# A Study of the Bucket-Exchange Pattern in the PGAS Model Using the ISx Integer Sort Mini-Application

Jacob Hemstad\*, Ulf R. Hanebutte<sup>†</sup>, Ben Harshbarger<sup>‡</sup> and Bradford L. Chamberlain<sup>‡</sup>

\*University of Minnesota
Minneapolis, MN 55455
Email: hemst013@umn.edu

†Intel Corporation
Seattle, WA 98104
Email: ulf.r.hanebutte@intel.com

‡Cray Inc.
Seattle WA 98164

Email: {bharshbarg,bradc}@cray.com

Abstract—ISx is an open-source<sup>1</sup> integer sort mini-application that was released as a research vehicle for the study of irregular all-to-all communication patterns. The mini-app is uniquely valuable to the PGAS community because its dynamic, data dependent communication pattern presents an opportunity to show the benefit of the PGAS abstraction and one-sided communication. Its original release featured an implementation in OpenSHMEM as well as MPI two-sided for comparison. Our analysis showed the OpenSHMEM version spent up to 65% less time in the communication phase compared to the MPI two-sided implementation. From there, we began to explore porting ISx to other PGAS languages and created a Chapel implementation to compare performance and programmability trade-offs. This paper summarizes some of the results from the first year of research findings using ISx and discusses plans for future work.

*Index Terms*—Parallel programming, Performance analysis, Computer languages.

## 1. Introduction

ISx was introduced to the research community at PGAS 2015 [1] as a new scalable integer sort mini-application. It was inspired by the Integer Sort (IS) kernel found in the seminal NAS Parallel Benchmark Suite [2] first introduced in 1991 [3]. The NAS suite has been widely used in evaluation studies as the kernels are representative of the patterns found in many scientific applications [4], [5], [6]. Researchers at the University of Houston [7] created the first OpenSHMEM implementation of the NPB IS and made it available to the community.

It was shown in [1] that the reference implementation of the NAS IS kernel had several drawbacks for studies on machines of today's scale, including: a non-uniform

1. https://github.com/ParRes/ISx

data distribution with ineffective static load balancing; fixed problem sizes; and an inability to do weak-scaling studies.
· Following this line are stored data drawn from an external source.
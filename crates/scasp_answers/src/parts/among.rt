//! The nodes, the rules and the cases among parts.
ghost use Rattle.std.specs.Prelude.{◌≡◌, ◌∷◌, ◌++◌, [], length, map, IfOk, OnOk};
ghost use Rattle.scasp_cert.specs.View.{trees_of, covers_of, branch_of};
ghost use Rattle.scasp_answers.specs.Blocks.Open as spec;
ghost use Rattle.scasp_answers.specs.Parts.View.{part_of, parts_in, listed_case};

use crate::parts::open_line::Part;
use scasp_cert::{Case, Covers, Nodes};
use scasp_list::Memory;
use std::alloc::Global;

/// Puts the part behind the nodes, if it is one.
fn put_node(part: Part, nodes: &mut Nodes) -> Result<(), Memory>
    ensures { OnOk result (trees_of nodes.new ≡ trees_of nodes.old ++ spec.trees_among (part_of part ∷ [])) }
{
    match part {
        Part::Node(node) => nodes.push(node),
        Part::Cover(cover) => {
            drop(cover);
            Ok(())
        }
        Part::Case(case) => {
            drop(case);
            Ok(())
        }
    }
}

/// The nodes among the parts.
#[tactic(auto, using(crate::proofs::PartsLemmas::PartLemmas::trees_more))]
pub fn nodes_among(alloc: Global, parts: Vec<Part>) -> Result<Nodes, Memory>
    ensures { IfOk result (λ nodes. trees_of nodes ≡ spec.trees_among (parts_in parts.items)) }
{
    let mut nodes = Nodes {
        list: Vec::with_capacity(alloc, parts.len())?,
    };
    for part in parts {
        put_node(part, &mut nodes)?;
    }
    Ok(nodes)
}

/// Puts the part behind the rules, if it is one.
fn put_cover(part: Part, covers: &mut Covers) -> Result<(), Memory>
    ensures { OnOk result (covers_of covers.new ≡ covers_of covers.old ++ spec.covers_among (part_of part ∷ [])) }
{
    match part {
        Part::Cover(cover) => covers.push(cover),
        Part::Node(node) => {
            drop(node);
            Ok(())
        }
        Part::Case(case) => {
            drop(case);
            Ok(())
        }
    }
}

/// The rules among the parts.
#[tactic(auto, using(crate::proofs::PartsLemmas::PartLemmas::covers_more))]
pub fn covers_among(alloc: Global, parts: Vec<Part>) -> Result<Covers, Memory>
    ensures { IfOk result (λ covers. covers_of covers ≡ spec.covers_among (parts_in parts.items)) }
{
    let mut covers = Covers {
        list: Vec::with_capacity(alloc, parts.len())?,
    };
    for part in parts {
        put_cover(part, &mut covers)?;
    }
    Ok(covers)
}

/// Puts the part behind the cases, if it is one.
fn put_case(part: Part, cases: &mut Vec<Case>) -> Result<(), Memory>
    ensures { OnOk result (map branch_of cases.new.items ≡ map branch_of cases.old.items ++ spec.cases_among (part_of part ∷ [])) }
{
    match part {
        Part::Case(case) => {
            cases.push(case)?;
            Ok(())
        }
        Part::Node(node) => {
            drop(node);
            Ok(())
        }
        Part::Cover(cover) => {
            drop(cover);
            Ok(())
        }
    }
}

/// The cases among the parts.
#[tactic(auto, using(crate::proofs::PartsLemmas::PartLemmas::cases_more))]
pub fn cases_among(alloc: Global, parts: Vec<Part>) -> Result<Vec<Case>, Memory>
    ensures { IfOk result (λ cases. map branch_of cases.items ≡ spec.cases_among (parts_in parts.items)) }
{
    let mut cases = Vec::with_capacity(alloc, parts.len())?;
    for part in parts {
        put_case(part, &mut cases)?;
    }
    Ok(cases)
}

/// The case that the part is, if it is one.
fn into_case(part: Part) -> Option<Case>
    ensures { listed_case result ≡ spec.cases_among (part_of part ∷ []) }
{
    match part {
        Part::Case(case) => Some(case),
        Part::Node(node) => {
            drop(node);
            None
        }
        Part::Cover(cover) => {
            drop(cover);
            None
        }
    }
}

/// The case among the parts, of which there is one.
#[tactic(auto, using(crate::proofs::PartsLemmas::PartLemmas::one_part))]
pub fn case_among(parts: Vec<Part>) -> Option<Case>
    requires { length parts.items ≡ 1 }
    ensures { listed_case result ≡ spec.cases_among (parts_in parts.items) }
{
    let mut parts = parts;
    match parts.pop() {
        Some(part) => into_case(part),
        None => None,
    }
}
In order to address these shortcomings, we designed and implemented ISx as a new bucket sort mini-application.

What are the features of ISx?

- Parallel bucket sort featuring an irregular, data dependent *all-to-all* communication pattern
- Demonstrated ability to scale up to 12K cores [1]
- Highly modular application implemented in OpenSH-MEM, MPI two-sided, and Chapel
- Supports both strong and weak scaling studies
- Uses a uniform random key distribution and guarantees static load balance
- Includes a verification step

A parallel bucket sort consists of five main stages as illustrated in Figure 1:

- 1) Key generation
- 2) Local bucketing
- 3) Assigning global buckets
- 4) Key exchange
- 5) Local sort

The communication required in the exchange of keys makes integer sort a prototypical benchmark for data movement performance. The key exchange requires an irregular 'all-to-all', where each PE sends an input dependent amount of data to every other PE—stressing the interconnect's ability to handle large amounts of simultaneous communication. The all-to-all usually dominates the execution time of the algorithm and is also a fundamental pattern in many other important applications, e.g. matrix transpose and fast Fourier transforms—making it an important target for analysis and optimization.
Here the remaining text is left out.